Gossy believes that Freud's most popular statement of a theory of the unconscious is written over foreign and feminized texts, bodies, and places, by way of anecdotes that range from the Dora case to menstruation to travel phobias. Freudian Slips: Woman, Writing, the Foreign Tongue does a feminist psychoanalytic reading of Freud's book and shows how slippery- textually, erotically, and historically- the writing of theory can be, and also how much we can learn from our slips when we are willing to admit that we have made them.
Bringing together autobiography, psychoanalysis, close readings, pedagogy, and politics in provocative and innovative ways, Gossy discusses Freud's work from both textual and theoretical perspectives and asks what his writing can teach us about authority, theory, home, and the foreign. Arguing that the dominant metaphor in the Psychopathology is that of the female body as foreign text, and that this body, writing, and the foreign tongue are identified with a feminized unconscious that threatens authoritative discourse, Freudian Slips moves toward fashioning a feminist theory that is both "slippery and (para)practical" and constantly searches for ways of writing theory that free, rather than sacrifice, the bodies of women.

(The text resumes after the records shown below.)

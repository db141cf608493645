//! Tests that need no tables. They are in a crate of their own, since the gate proves a crate with tests twice.
//! `hotel_client` has the tests over tables, and `hotel_scenarios` what both crates share.
#![tactic(auto)]

#[cfg(test)]
mod asked_commands;
#[cfg(test)]
mod causes;
#[cfg(test)]
mod chains_and_nights;
#[cfg(test)]
mod command_runs;
#[cfg(test)]
mod failed_draws;
#[cfg(test)]
mod failing_calls;
#[cfg(test)]
mod failing_walks;
#[cfg(test)]
mod lists;
#[cfg(test)]
mod lone_locks;
#[cfg(test)]
mod one_byte;
#[cfg(test)]
mod stopped_commands;
#[cfg(test)]
mod stopped_imports;
#[cfg(test)]
mod stops;
#[cfg(test)]
mod value_readers;
#[cfg(test)]
mod web_pages;
#[cfg(test)]
mod worked_scenarios;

"The readings of individual slips are often highly productive; the argument is both hardworking and playful. Freudian Slips is a book that people will enjoy reading and from which they will learn a great deal."-- Helena Michie, Rice University
Mary S. Gossy is Associate Professor of Spanish and Comparative Literature, Rutgers University. She is the author of The Untold Story: Women and Theory in Golden Age Texts.